The employer will need to maintain a record of any obtained consents including oral ones. Where consent is being collected for use of special category personal data, extra care is required as consent has to be "explicit" and a more granular explanation and acceptance mechanism may be needed.
International position on consent
Employers cannot presume that a single harmonised approach to the use of consent in an employment setting applies across the EU, whether in relation to relying on consent or to regulator guidance. In some Member States, national labour laws also need to be taken into account and the GDPR contains an overarching provision which allows for the relaxation of the certain aspects of compliance to reflect them. This means you should seek local law advice before deciding on the lawful bases for processing employee personal data in other EU countries, or developing a single approach to EU human resources operations.
What does this mean?
The effect of GDPR UK's DPA18, has been to limit the situations where consent is the appropriate basis for processing employee data.

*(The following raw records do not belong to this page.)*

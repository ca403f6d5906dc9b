//! How requests, puts and gets are made: each joins its queue and is tried (SimPy's "Shared resources").
ghost use Rattle.std.specs.Prelude.{◌≡◌, ◌↔◌, ◌+◌, ◌<◌, ◌≤◌, ◌^◌, [], ◌∷◌, ◌<ℤ◌, pos, length, Some, None, IsErr, IsFalse, IsTrue, IfOk, OnOk, OnErr};
ghost use Rattle.sim_types.specs.declared.event.EventKind.TheVariants as kinds;
ghost use Rattle.sim_types.specs.declared.event.Callback.TheVariants as callbacks;
ghost use Rattle.sim_machine.specs.State.{Slot, Give, Take, Waiter, Facilities};
ghost use Rattle.sim_machine.specs.Attempts as attempts;
ghost use Rattle.sim_machine.specs.MayAsk.{takes_requests};
ghost use Rattle.sim_machine.specs.Requests as requests;
ghost use Rattle.sim_machine.specs.Users.{resource_at};
ghost use Rattle.sim_happen_model.specs.Changes.{more_events, more_callbacks};
ghost use Rattle.sim_happen_model.specs.HappenOf.{unheld_event};
ghost use Rattle.sim_shared_model.specs.Joining.{IsAbsent, IsJoinedAt};
ghost use Rattle.sim_shared_model.specs.Making.{MakesAll, ShowsSome};
ghost use Rattle.sim_shared_model.specs.Measuring.{ChangesOnlyAt};
ghost use Rattle.sim_shared_model.specs.ShowsAll.{ShowsAll, TurnsAll};
ghost use Rattle.sim_shared_model.specs.Waiting.{AreAllOpen};

use crate::fault::{NotPositive, OwnVictim};
use crate::queues::{add_get, add_put, add_request, is_container, is_preemptive, own_victim};
use crate::shared::Shared;
use sim_types::{Callback, EventId, EventKind, ProcId, RequestKey};

impl Shared {
    // What a request made now waits by.
    fn request_key(&self, res: u32, priority: i64, preempts: bool) -> RequestKey
        requires res { res < length self.now.setup }
        ensures { (f : Facilities) → ShowsAll self.now f →
            let kind = (resource_at self.now.setup res).kind in
            result ≡ requests.request_key kind priority preempts f }
    {
        RequestKey {
            priority,
            time: self.happen.now(),
            wait: is_preemptive(&self.resources[res as usize]) && !preempts,
        }
    }

    // Whether the attempt at the front of the queue would preempt the process itself, if its request joined.
    fn is_own_victim(&self, res: u32, process: ProcId, priority: i64, preempts: bool) -> bool
        requires res { res < length self.now.setup }
        requires slots { IsTrue (takes_requests (resource_at self.now.setup res).kind) }
        ensures { (f : Facilities) → ShowsAll self.now f →
            result ≡ requests.is_own_victim self.now.setup res process priority preempts f }
    {
        let key = self.request_key(res, priority, preempts);
        own_victim(&self.resources[res as usize], key, process)
    }

    // Whether so much can't be put or got, since it is not above 0 at a container.
    fn is_refused_amount(&self, res: u32, amount: i64) -> bool
        requires res { res < length self.now.setup }
        ensures { result ≡ requests.is_refused_amount self.now.setup res amount }
    {
        is_container(&self.resources[res as usize]) && amount < 1
    }

    // A request that was just made waits.
    fn queue_request(&mut self, res: u32, request: EventId, key: RequestKey, process: ProcId)
        requires res { res < length self.old.setup }
        requires slots { IsTrue (takes_requests (resource_at self.old.setup res).kind) }
        requires place { self.old.used ≡ None }
        requires absent { IsAbsent request self.old }
        ensures { let w : Waiter = record { event = request; res = res; want = Slot process key } in
            IsJoinedAt w self.old self.new }
    {
        add_request(&mut self.resources[res as usize], request, key, process);
        self.used = Some(res);
    }

    // A put that was just made waits.
    fn queue_put(&mut self, res: u32, put: EventId, amount: i64, priority: i64)
        requires res { res < length self.old.setup }
        requires stock { IsFalse (takes_requests (resource_at self.old.setup res).kind) }
        requires amount { IsFalse (requests.is_refused_amount self.old.setup res amount) }
        requires place { self.old.used ≡ None }
        requires absent { IsAbsent put self.old }
        ensures { let w : Waiter = record { event = put; res = res; want = Give amount priority } in
            IsJoinedAt w self.old self.new }
    {
        add_put(&mut self.resources[res as usize], put, amount, priority);
        self.used = Some(res);
    }

    // A get that was just made waits.
    fn queue_get(&mut self, res: u32, get: EventId, least: i64, greatest: i64)
        requires res { res < length self.old.setup }
        requires stock { IsFalse (takes_requests (resource_at self.old.setup res).kind) }
        requires amount { IsFalse (requests.is_refused_amount self.old.setup res least) }
        requires place { self.old.used ≡ None }
        requires absent { IsAbsent get self.old }
        ensures { let w : Waiter = record { event = get; res = res; want = Take least greatest } in
            IsJoinedAt w self.old self.new }
    {
        add_get(&mut self.resources[res as usize], get, least, greatest);
        self.used = Some(res);
    }

    // A request is made and waits.
    fn join_request(&mut self, res: u32, process: ProcId, priority: i64, preempts: bool) -> EventId
        requires res { res < length self.old.setup }
        requires slots { IsTrue (takes_requests (resource_at self.old.setup res).kind) }
        requires open { AreAllOpen self.old }
        requires shown { ShowsSome self.old }
        requires place { self.old.used ≡ None }
        requires spare_events { 0 < self.old.happen.spare.events }
        requires spare_callbacks { 0 < self.old.happen.spare.callbacks }
        requires number { length self.old.happen.events < 2 ^ 62 }
        ensures id { result.0 ≡ length self.old.happen.events }
        ensures joined { TurnsAll
            (requests.join_request self.old.setup res process priority preempts)
            unheld_event self.old self.new }
        ensures open { AreAllOpen self.new }
        ensures used { self.new.used ≡ Some res }
        ensures made { length self.new.happen.events ≡ length self.old.happen.events + 1 }
        ensures spare { more_events 1 (more_callbacks 1 self.new.happen.spare)
            ≡ self.old.happen.spare }
        ensures touched { ChangesOnlyAt (res ∷ []) self.old self.new }
    {
        let key = self.request_key(res, priority, preempts);
        let event = self.make(EventKind::Request, Callback::TryGet(res));
        self.queue_request(res, event, key, process);
        event
    }

    // A put is made and waits.
    fn join_put(&mut self, res: u32, amount: i64, priority: i64) -> EventId
        requires res { res < length self.old.setup }
        requires stock { IsFalse (takes_requests (resource_at self.old.setup res).kind) }
        requires amount { IsFalse (requests.is_refused_amount self.old.setup res amount) }
        requires open { AreAllOpen self.old }
        requires shown { ShowsSome self.old }
        requires place { self.old.used ≡ None }
        requires spare_events { 0 < self.old.happen.spare.events }
        requires spare_callbacks { 0 < self.old.happen.spare.callbacks }
        requires number { length self.old.happen.events < 2 ^ 62 }
        ensures id { result.0 ≡ length self.old.happen.events }
        ensures joined { TurnsAll
            (requests.join kinds.Put res (Give amount priority) (callbacks.TryGet res))
            unheld_event self.old self.new }
        ensures open { AreAllOpen self.new }
        ensures used { self.new.used ≡ Some res }
        ensures made { length self.new.happen.events ≡ length self.old.happen.events + 1 }
        ensures spare { more_events 1 (more_callbacks 1 self.new.happen.spare)
            ≡ self.old.happen.spare }
        ensures touched { ChangesOnlyAt (res ∷ []) self.old self.new }
    {
        let event = self.make(EventKind::Put, Callback::TryGet(res));
        self.queue_put(res, event, amount, priority);
        event
    }

    // A get is made and waits.
    fn join_get(&mut self, res: u32, least: i64, greatest: i64) -> EventId
        requires res { res < length self.old.setup }
        requires stock { IsFalse (takes_requests (resource_at self.old.setup res).kind) }
        requires amount { IsFalse (requests.is_refused_amount self.old.setup res least) }
        requires open { AreAllOpen self.old }
        requires shown { ShowsSome self.old }
        requires place { self.old.used ≡ None }
        requires spare_events { 0 < self.old.happen.spare.events }
        requires spare_callbacks { 0 < self.old.happen.spare.callbacks }
        requires number { length self.old.happen.events < 2 ^ 62 }
        ensures id { result.0 ≡ length self.old.happen.events }
        ensures joined { TurnsAll
            (requests.join kinds.Get res (Take least greatest) (callbacks.TryPut res))
            unheld_event self.old self.new }
        ensures open { AreAllOpen self.new }
        ensures used { self.new.used ≡ Some res }
        ensures spare { more_events 1 (more_callbacks 1 self.new.happen.spare)
            ≡ self.old.happen.spare }
        ensures touched { ChangesOnlyAt (res ∷ []) self.old self.new }
    {
        let event = self.make(EventKind::Get, Callback::TryPut(res));
        self.queue_get(res, event, least, greatest);
        event
    }

    /// A request is made and tried (SimPy's Resource.request), unless it would preempt the process itself. The answer is
    /// the request.
    #[inline(always)]
    pub fn request(
        &mut self,
        res: u32,
        process: ProcId,
        priority: i64,
        preempts: bool,
    ) -> Result<EventId, OwnVictim>
        requires res { res < length self.old.setup }
        requires slots { IsTrue (takes_requests (resource_at self.old.setup res).kind) }
        requires open { AreAllOpen self.old }
        requires shown { ShowsSome self.old }
        requires place { self.old.used ≡ None }
        requires spare_events { 2 ≤ self.old.happen.spare.events }
        requires spare_callbacks { 2 ≤ self.old.happen.spare.callbacks }
        requires number { length self.old.happen.events + 1 < 2 ^ 62 }
        ensures refused { (f : Facilities) → ShowsAll self.old f → (IsErr result
            ↔ IsTrue (requests.is_own_victim self.old.setup res process priority preempts f)) }
        ensures id { IfOk result (λ e. e.0 ≡ length self.old.happen.events) }
        ensures ok { OnOk result (MakesAll 2
            (requests.make_request self.old.setup res process priority preempts)
            self.old self.new) }
        ensures used { OnOk result (self.new.used ≡ Some res) }
        ensures err { OnErr result (self.new ≡ self.old) }
        ensures touched { ChangesOnlyAt (res ∷ []) self.old self.new }
    {
        if self.is_own_victim(res, process, priority, preempts) {
            return Err(OwnVictim);
        }
        let event = self.join_request(res, process, priority, preempts);
        self.try_put(res);
        Ok(event)
    }

    /// A put is made and tried (SimPy's Container.put and Store.put), unless its amount is not positive. What is put into
    /// a store is an item of this value and priority, and any value will do. The answer is the put.
    #[inline(always)]
    pub fn put(&mut self, res: u32, amount: i64, priority: i64) -> Result<EventId, NotPositive>
        requires res { res < length self.old.setup }
        requires stock { IsFalse (takes_requests (resource_at self.old.setup res).kind) }
        requires open { AreAllOpen self.old }
        requires shown { ShowsSome self.old }
        requires place { self.old.used ≡ None }
        requires spare_events { 2 ≤ self.old.happen.spare.events }
        requires spare_callbacks { 2 ≤ self.old.happen.spare.callbacks }
        requires number { length self.old.happen.events + 1 < 2 ^ 62 }
        ensures refused { IsErr result
            ↔ IsTrue (requests.is_refused_amount self.old.setup res amount) }
        ensures id { IfOk result (λ e. e.0 ≡ length self.old.happen.events) }
        ensures ok { OnOk result (MakesAll 2
            (requests.make_put self.old.setup res amount priority) self.old self.new) }
        ensures used { OnOk result (self.new.used ≡ Some res) }
        ensures err { OnErr result (self.new ≡ self.old) }
        ensures touched { ChangesOnlyAt (res ∷ []) self.old self.new }
    {
        if self.is_refused_amount(res, amount) {
            return Err(NotPositive);
        }
        let event = self.join_put(res, amount, priority);
        self.try_put(res);
        Ok(event)
    }

    /// A get is made and tried (SimPy's Container.get and Store.get), unless its amount is not positive. From a store an
    /// item is got, from the least to the greatest at a filter store; from a container the least. The answer is the get.
    #[inline(always)]
    pub fn get(&mut self, res: u32, least: i64, greatest: i64) -> Result<EventId, NotPositive>
        requires res { res < length self.old.setup }
        requires stock { IsFalse (takes_requests (resource_at self.old.setup res).kind) }
        requires open { AreAllOpen self.old }
        requires shown { ShowsSome self.old }
        requires place { self.old.used ≡ None }
        requires spare_events { 0 < self.old.happen.spare.events }
        requires spare_callbacks { 0 < self.old.happen.spare.callbacks }
        requires number { length self.old.happen.events < 2 ^ 62 }
        ensures refused { IsErr result
            ↔ IsTrue (requests.is_refused_amount self.old.setup res least) }
        ensures id { IfOk result (λ e. e.0 ≡ length self.old.happen.events) }
        ensures ok { OnOk result (MakesAll 1
            (requests.make_get self.old.setup res least greatest) self.old self.new) }
        ensures used { OnOk result (self.new.used ≡ Some res) }
        ensures err { OnErr result (self.new ≡ self.old) }
        ensures touched { ChangesOnlyAt (res ∷ []) self.old self.new }
    {
        if self.is_refused_amount(res, least) {
            return Err(NotPositive);
        }
        let event = self.join_get(res, least, greatest);
        self.try_get(res);
        Ok(event)
    }
}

It is also unlikely that a single lawful basis will apply across all employment activities. Careful documented assessment of all processing activities within employment practices should be undertaken and kept under review, and if it is appropriate to rely on consent, evidence of the employee's acceptance should be maintained. Fairness and proportionality will inevitably come into play in the employment context and transparency will be of fundamental importance to effective compliance.